Monday, January 16, 2012

Bidding Good Bye To The last 5Year’s++ Half Of My Life

10 Sept 2006- 30 November 2011
I am so sorry baby that it had to come to and end this way. You lost the love that loved you the most, and now you want me one more time but it’s too late. I loved you with all my heart I poured every inch or my energy and heart into the relationship we once had. You took me for granted, said hurtful things and kept pushing me away. Why did it take you so long to realize that I was the one for you, the one who could love you for all that you were. So now don’t come back for me, don’t come back at all and hurt me any deeper.

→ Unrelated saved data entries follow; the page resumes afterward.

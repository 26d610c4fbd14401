// The verdicts on the elements of sequences.
ghost use Rattle.std.specs.Prelude.{◌≤◌, ◌<◌, ◌+◌, ◌^◌, length};

use crate::run::joins::cut_twice;
use jx_lex::Depth;
use jx_run::{ElementsRun, JudgedElement, Summary};
use std::alloc::{AllocError, Global};
use test_words::{Line, Out, Ways, push_elements};

/// The elements of runs of three parts that meet at two cuts.
fn told_of_cut(
    alloc: Global,
    text: &[u8],
    first: usize,
    second: usize,
    depth: Depth,
) -> Result<Out, AllocError>
    requires ordered { first ≤ second }
    requires within { second ≤ length text.now }
{
    let mut told = Out::new(alloc);
    let run = cut_twice::<ElementsRun>(alloc, text, first, second, depth)?;
    if run.depth() != depth {
        told.push_str("another depth: ");
    }
    push_elements(&mut told, &run.into_elements()?);
    Ok(told)
}

/// The elements of both sides of a cut, of which the right was read as a sequence of its own and moved.
fn elements_of_both(
    alloc: Global,
    left: &[u8],
    right: &[u8],
    depth: Depth,
) -> Result<Vec<JudgedElement>, AllocError>
    requires short { length left.now + length right.now < 2 ^ 63 }
{
    let front = ElementsRun::of(alloc, left, 0, left.len(), depth)?;
    let back = ElementsRun::of(alloc, right, 0, right.len(), depth)?;
    let both = front.join(back.shifted(left.len())).ok().ok_or(AllocError)?;
    both.into_elements()
}

/// `elements DEPTH TEXT`: at each pair of cuts.
pub(crate) fn elements(line: &mut Line<'_>) {
    let depth = line.depth();
    let text = line.text();
    let mut ways = Ways::new(line.alloc);
    for second in 0..=text.len() {
        add_cuts_up_to(&mut ways, line.alloc, &text, second, depth);
    }
    ways.push_to(&mut line.out);
}

fn add_cuts_up_to(ways: &mut Ways, alloc: Global, text: &[u8], second: usize, depth: Depth)
    requires { second ≤ length text.now }
{
    for first in 0..=second {
        let told = told_of_cut(alloc, text, first, second, depth);
        ways.add_made(format_args!("cut at {first},{second}"), told);
    }
}

/// `behind DEPTH TEXT TEXT`: the second text was read as a sequence of its own, and follows the first.
pub(crate) fn behind(line: &mut Line<'_>) {
    let depth = line.depth();
    let left = line.text();
    let right = line.text();
    if left.len() >= 1 << 40 || right.len() >= 1 << 40 {
        return line.refuse();
    }
    let elements = elements_of_both(line.alloc, &left, &right, depth);
    if let Some(elements) = line.keep(elements) {
        push_elements(&mut line.out, &elements);
    }
}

I wish you would have realized all this very much earlier and done something to fix it, now it’s too late to fix anything. So please stop trying because I truly believe you will be much happier with someone else. I don’t want to be the reason for your hurt and pain anymore, I loved you more then you will ever know. I need to stop being selfish as you once claimed it and let you move on and find someone who can treat you the way you want and need. Finally you’re getting the wish you always wanted, so be happy with it. It may be the hardest thing I will ever do but I got to do it. Only god will know and be my witness how much it ache’s me to say good bye to everything we build and have but it has to be done. It will always leave a huge scar in my life knowing that this could have work if only your saw what I saw and believed in.

I been neglected and hurt by your actions, which made it easy for me to accept someone else in my life. It may seem cruel to others that I am moving on in such a short time from the period of our break up, but I have found someone who can make laugh, listen, accept me for me and treat me right. I know you will find someone who can bring all the happiness in your life as well, I truly hope you be happy for me and find your very own happiness as well.